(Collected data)
▽
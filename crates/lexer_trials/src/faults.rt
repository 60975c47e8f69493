//! Faults and where they stand, and the limits.

use crate::reading::is_at;
use mesa_lexer::{LexFault, tokens};
use std::alloc::{AllocError, Global};
use std::test::Fail;

fn fault(alloc: Global, text: &[u8]) -> Option<LexFault> {
    tokens(alloc, text).err()
}

fn is_bad(alloc: Global, text: &[u8], token: u32, line: u32, column: u32) -> bool {
    matches!(fault(alloc, text), Some(LexFault::BadByte(place)) if is_at(place, token, line, column))
}

fn is_open(alloc: Global, text: &[u8], token: u32, line: u32, column: u32) -> bool {
    matches!(fault(alloc, text), Some(LexFault::OpenString(place)) if is_at(place, token, line, column))
}

fn is_too_large(alloc: Global, text: &[u8], token: u32, line: u32, column: u32) -> bool {
    matches!(fault(alloc, text), Some(LexFault::NumberTooLarge(place)) if is_at(place, token, line, column))
}

#[test]
fn bad_bytes(rt: HostRuntime) {
    let alloc = rt.alloc();
    assert!(rt;
        is_bad(alloc, b"Bad: PROGRAM = BEGIN ? END.", 5, 1, 22) && is_bad(alloc, b"$", 0, 1, 1)
    );
    assert!(rt;
        is_bad(alloc, b"x\r\n y\r\r\n  ?", 2, 4, 3)
            && is_bad(alloc, b"-- a\n\xE2\x86\x90?", 1, 2, 4)
    );
    assert!(rt; is_bad(alloc, b"\xE2", 0, 1, 1) && is_bad(alloc, b"a \xE2\x86", 1, 1, 3));
    assert!(rt; is_bad(alloc, b"'", 0, 1, 1) && is_bad(alloc, b"'\n", 0, 1, 1));
    assert!(rt; is_bad(alloc, b"'\xE2\x86", 0, 1, 1) && is_bad(alloc, b"'--'", 2, 1, 4));
    assert!(rt;
        is_bad(alloc, b"x \"ab\x0C\"", 1, 1, 6) && is_bad(alloc, b"\"a\nb\xE2\x86\"", 0, 2, 2)
    );
    assert!(rt; is_bad(alloc, b"\"a\"\"\x80", 0, 1, 5));
}

#[test]
fn open_strings(rt: HostRuntime) {
    let alloc = rt.alloc();
    assert!(rt; is_open(alloc, b"x \"ab", 1, 1, 3) && is_open(alloc, b"\"\"\"", 0, 1, 1));
    assert!(rt; is_open(alloc, b"\"a\r\nb\"\"", 0, 1, 1));
}

#[test]
fn large_numbers(rt: HostRuntime) {
    let alloc = rt.alloc();
    assert!(rt;
        is_too_large(alloc, b"4294967296", 0, 1, 1) && is_too_large(alloc, b"4294967296 ?", 0, 1, 1)
    );
    assert!(rt; is_too_large(alloc, b" 99999999999999999999999D", 0, 1, 2));
    assert!(rt;
        is_too_large(alloc, b"40000000000B", 0, 1, 1) && is_too_large(alloc, b"x 400C", 1, 1, 3)
    );
}

/// What is wrong with some bytes, then many of another, then those again.
fn fault_around(
    alloc: Global,
    ends: &[u8],
    inner: u8,
    count: usize,
) -> Result<Option<LexFault>, AllocError> {
    let mut text = Vec::new(alloc);
    text.extend_from_slice(ends)?;
    for _ in 0..count {
        text.push(inner)?;
    }
    text.extend_from_slice(ends)?;
    Ok(fault(alloc, &text))
}

fn fits(alloc: Global, ends: &[u8], inner: u8, count: usize) -> Result<bool, AllocError> {
    Ok(fault_around(alloc, ends, inner, count)?.is_none())
}

fn is_too_long(alloc: Global, ends: &[u8], inner: u8, count: usize) -> Result<bool, AllocError> {
    let fault = fault_around(alloc, ends, inner, count)?;
    Ok(matches!(fault, Some(LexFault::TokenTooLong(place)) if is_at(place, 0, 1, 1)))
}

fn is_too_long_a_text(alloc: Global, count: usize) -> Result<bool, AllocError> {
    Ok(matches!(
        fault_around(alloc, b"", b' ', count)?,
        Some(LexFault::TextTooLong)
    ))
}

#[test]
fn limits(rt: HostRuntime) -> Result<(), Fail> {
    let alloc = rt.alloc();
    assert!(rt; fits(alloc, b"", b'x', 255)? && is_too_long(alloc, b"", b'x', 256)?);
    assert!(rt; fits(alloc, b"\"", b'x', 32_767)? && is_too_long(alloc, b"\"", b'x', 32_768)?);
    assert!(rt; fits(alloc, b"", b' ', 1_048_576)? && is_too_long_a_text(alloc, 1_048_577)?);
    Ok(())
}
△
Aim of the exercise:
Using the records above, pull out each line where the word "Option" occurs.

Expected answer:
fn fault(alloc: Global, text: &[u8]) -> Option<LexFault> {
) -> Result<Option<LexFault>, AllocError> {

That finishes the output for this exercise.